▶ **Data to process**:
────────────────────

// The tables of the three observers: the names of their live locations, and an arm for each edge,
// both in the order in which the tables are written. The first edge that fits is taken; where none
// fits the location stays. `None` stands for the location `bad`, which is never left.
ghost use Rattle.std.specs.Prelude.{◌≡◌, ◌<◌, length, get_or, []};
ghost use Rattle.plc_auto.specs.Table.{plain_names, hazard_names, epoch_names, plain_edges};
ghost use Rattle.plc_auto.specs.Table.{hazard_edges, epoch_edges, along, bears, Label, target_of};
ghost use Rattle.plc_auto.specs.Borne.{borne};
ghost use Rattle.plc_auto.specs.declared.observer.Observer.{Observer};

use crate::event::EvKind;
use plc_base::{FuncId, LocId};

// `plain`
const U: u16 = 0;

const R: u16 = 1;

// `hazard(f)` and `epoch(e, l)`, numbered alike: no protection, asked for, granted
const U_NONE: u16 = 0;

const U_ASKED: u16 = 1;

const U_GRANTED: u16 = 2;

const R_NONE: u16 = 3;

const R_ASKED: u16 = 4;

const R_GRANTED: u16 = 5;

/// `r.kept` of `hazard` and of `epoch`: the address was retired while this thread protected it.
pub const R_KEPT: u16 = 6;

const PLAIN_NAMES: [&[u8]; 2] = [b"u", b"r"];

const HAZARD_NAMES: [&[u8]; 7] = [
    b"u.idle", b"u.pend", b"u.held", b"r.idle", b"r.pend", b"r.held", b"r.kept",
];

const EPOCH_NAMES: [&[u8]; 7] = [
    b"u.out",
    b"u.coming",
    b"u.in",
    b"r.out",
    b"r.coming",
    b"r.in",
    b"r.kept",
];

/// The name of a location of `plain`.
pub fn plain_name(at: LocId) -> &'static [u8]
    requires { at.0 < length plain_names }
    ensures { result.now ≡ get_or plain_names at.0 [] }
{
    PLAIN_NAMES[at.0 as usize]
}

/// The name of a location of `hazard(f)`.
pub fn hazard_name(at: LocId) -> &'static [u8]
    requires { at.0 < length hazard_names }
    ensures { result.now ≡ get_or hazard_names at.0 [] }
{
    HAZARD_NAMES[at.0 as usize]
}

/// The name of a location of `epoch(e, l)`.
pub fn epoch_name(at: LocId) -> &'static [u8]
    requires { at.0 < length epoch_names }
    ensures { result.now ≡ get_or epoch_names at.0 [] }
{
    EPOCH_NAMES[at.0 as usize]
}

/// Where an event leads from a location of `plain`; `None` where it is no event that the observer allows.
pub fn plain_step(at: LocId, kind: EvKind, own: bool, this: bool) -> Option<LocId>
    ensures { target_of result ≡ along (bears Observer.Plain kind) own this at.0 plain_edges }
{
    match (at.0, kind) {
        (U, EvKind::Call(g)) if g.is_retire() && this => Some(LocId(R)),
        (U, EvKind::Free) if this => None,
        (R, EvKind::Free) if this => Some(LocId(U)),
        _ => Some(at),
    }
}

/// Which labels of edges an event bears.
#[derive(Clone, Copy)]
struct Labels {
    asks: bool,
    granted: bool,
    gives_up: bool,
    retires: bool,
    frees: bool,
}

/// The labels of an event in the table of `hazard(f)`.
fn hazard_labels(f: FuncId, kind: EvKind) -> Labels
    ensures { (l : Label) → borne result l ≡ bears (Observer.Hazard f) kind l }
{
    match kind {
        EvKind::Call(g) => Labels {
            asks: g == f,
            granted: false,
            gives_up: false,
            retires: g.is_retire(),
            frees: false,
        },
        EvKind::Done(g) => Labels {
            asks: false,
            granted: g == f,
            gives_up: false,
            retires: false,
            frees: false,
        },
        EvKind::Free => Labels {
            asks: false,
            granted: false,
            gives_up: false,
            retires: false,
            frees: true,
        },
    }
}

/// The labels of an event in the table of `epoch(e, l)`.
fn epoch_labels(enter: FuncId, leave: FuncId, kind: EvKind) -> Labels
    ensures { (l : Label) → borne result l ≡ bears (Observer.Epoch enter leave) kind l }
{
    match kind {
        EvKind::Call(g) => Labels {
            asks: g == enter,
            granted: false,
            gives_up: g == leave,
            retires: g.is_retire(),
            frees: false,
        },
        EvKind::Done(g) => Labels {
            asks: false,
            granted: g == enter,
            gives_up: false,
            retires: false,
            frees: false,
        },
        EvKind::Free => Labels {
            asks: false,
            granted: false,
            gives_up: false,
            retires: false,
            frees: true,
        },
    }
}

/// Where an event with these labels leads from a location of `hazard(f)`. Each guard is one value, by `&`, since each
/// way through it is proved apart.
fn hazard_edge(at: LocId, event: Labels, own: bool, this: bool) -> Option<LocId>
    ensures { target_of result ≡ along (borne event) own this at.0 hazard_edges }
{
    match at.0 {
        U_NONE if event.asks & (own & this) => Some(LocId(U_ASKED)),
        U_NONE if event.retires & this => Some(LocId(R_NONE)),
        U_NONE if event.frees & this => None,
        U_ASKED if event.asks & (own & !this) => Some(LocId(U_NONE)),
        U_ASKED if event.granted & own => Some(LocId(U_GRANTED)),
        U_ASKED if event.retires & this => Some(LocId(R_ASKED)),
        U_ASKED if event.frees & this => None,
        U_GRANTED if event.asks & (own & !this) => Some(LocId(U_NONE)),
        U_GRANTED if event.retires & this => Some(LocId(R_KEPT)),
        U_GRANTED if event.frees & this => None,
        R_NONE if event.asks & (own & this) => Some(LocId(R_ASKED)),
        R_NONE if event.frees & this => Some(LocId(U_NONE)),
        R_ASKED if event.asks & (own & !this) => Some(LocId(R_NONE)),
        R_ASKED if event.granted & own => Some(LocId(R_GRANTED)),
        R_ASKED if event.frees & this => Some(LocId(U_ASKED)),
        R_GRANTED if event.asks & (own & !this) => Some(LocId(R_NONE)),
        R_GRANTED if event.retires & this => Some(LocId(R_KEPT)),
        R_GRANTED if event.frees & this => Some(LocId(U_GRANTED)),
        R_KEPT if event.asks & (own & !this) => Some(LocId(R_NONE)),
        R_KEPT if event.frees & this => None,
        _ => Some(at),
    }
}

/// Where an event leads from a location of `hazard(f)`; `None` where it is no event that the observer allows.
pub fn hazard_step(f: FuncId, at: LocId, kind: EvKind, own: bool, this: bool) -> Option<LocId>
    ensures { target_of result ≡ along (bears (Observer.Hazard f) kind) own this at.0 hazard_edges }
{
    hazard_edge(at, hazard_labels(f, kind), own, this)
}

/// Where an event with these labels leads from a location of `epoch(e, l)`.
fn epoch_edge(at: LocId, event: Labels, own: bool, this: bool) -> Option<LocId>
    ensures { target_of result ≡ along (borne event) own this at.0 epoch_edges }
{
    match at.0 {
        U_NONE if event.asks & own => Some(LocId(U_ASKED)),
        U_NONE if event.retires & this => Some(LocId(R_NONE)),
        U_NONE if event.frees & this => None,
        U_ASKED if event.granted & own => Some(LocId(U_GRANTED)),
        U_ASKED if event.gives_up & own => Some(LocId(U_NONE)),
        U_ASKED if event.retires & this => Some(LocId(R_ASKED)),
        U_ASKED if event.frees & this => None,
        U_GRANTED if event.gives_up & own => Some(LocId(U_NONE)),
        U_GRANTED if event.retires & this => Some(LocId(R_KEPT)),
        U_GRANTED if event.frees & this => None,
        R_NONE if event.asks & own => Some(LocId(R_ASKED)),
        R_NONE if event.frees & this => Some(LocId(U_NONE)),
        R_ASKED if event.granted & own => Some(LocId(R_GRANTED)),
        R_ASKED if event.gives_up & own => Some(LocId(R_NONE)),
        R_ASKED if event.frees & this => Some(LocId(U_ASKED)),
        R_GRANTED if event.gives_up & own => Some(LocId(R_NONE)),
        R_GRANTED if event.retires & this => Some(LocId(R_KEPT)),
        R_GRANTED if event.frees & this => Some(LocId(U_GRANTED)),
        R_KEPT if event.gives_up & own => Some(LocId(R_NONE)),
        R_KEPT if event.frees & this => None,
        _ => Some(at),
    }
}

/// Where an event leads from a location of `epoch(e, l)`; `None` where it is no event that the observer allows.
pub fn epoch_step(
    enter: FuncId,
    leave: FuncId,
    at: LocId,
    kind: EvKind,
    own: bool,
    this: bool,
) -> Option<LocId>
    ensures { target_of result ≡ along (bears (Observer.Epoch enter leave) kind) own this at.0 epoch_edges }
{
    epoch_edge(at, epoch_labels(enter, leave, kind), own, this)
}
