// Where a replay begins, before line 1 of the schedule: the reclaimer knows the schemes of the file and nothing else.
ghost use Rattle.std.specs.Prelude.{◌≡◌, OnOk};

use plc_auto::Scheme;
use plc_base::NoMemory;
use plc_reclaim::Reclaimer;

/// The reclaimer begins anew, with these schemes: it keeps nothing of what it was handed before. The one error is that
/// memory runs out, after which nothing is promised of what it keeps.
pub fn begin_reclaimer(
    reclaimer: &mut Box<dyn Reclaimer>,
    schemes: &[Scheme],
) -> Result<(), NoMemory>
    ensures fresh { OnOk result (held reclaimer.new ≡ (meanings reclaimer.old).begun schemes.now) }
    ensures same { (meanings reclaimer.new ≡ meanings reclaimer.old) × (named reclaimer.new ≡ named reclaimer.old) }
{
    reclaimer.begin(schemes)
}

────────────────────

▶ **What you need to do**:
What is needed is a word-for-word copy of the records above, from the first line through the line that contains "const HAZARD_NAMES: [&[u8];".

▶ **Reply to the exercise**:
// The tables of the three observers: the names of their live locations, and an arm for each edge,
// both in the order in which the tables are written. The first edge that fits is taken; where none
// fits the location stays. `None` stands for the location `bad`, which is never left.
ghost use Rattle.std.specs.Prelude.{◌≡◌, ◌<◌, length, get_or, []};
ghost use Rattle.plc_auto.specs.Table.{plain_names, hazard_names, epoch_names, plain_edges};
ghost use Rattle.plc_auto.specs.Table.{hazard_edges, epoch_edges, along, bears, Label, target_of};
ghost use Rattle.plc_auto.specs.Borne.{borne};
ghost use Rattle.plc_auto.specs.declared.observer.Observer.{Observer};

use crate::event::EvKind;
use plc_base::{FuncId, LocId};

// `plain`
const U: u16 = 0;

const R: u16 = 1;

// `hazard(f)` and `epoch(e, l)`, numbered alike: no protection, asked for, granted
const U_NONE: u16 = 0;

const U_ASKED: u16 = 1;

const U_GRANTED: u16 = 2;

const R_NONE: u16 = 3;

const R_ASKED: u16 = 4;

const R_GRANTED: u16 = 5;

/// `r.kept` of `hazard` and of `epoch`: the address was retired while this thread protected it.
pub const R_KEPT: u16 = 6;

const PLAIN_NAMES: [&[u8]; 2] = [b"u", b"r"];

const HAZARD_NAMES: [&[u8]; 7] = [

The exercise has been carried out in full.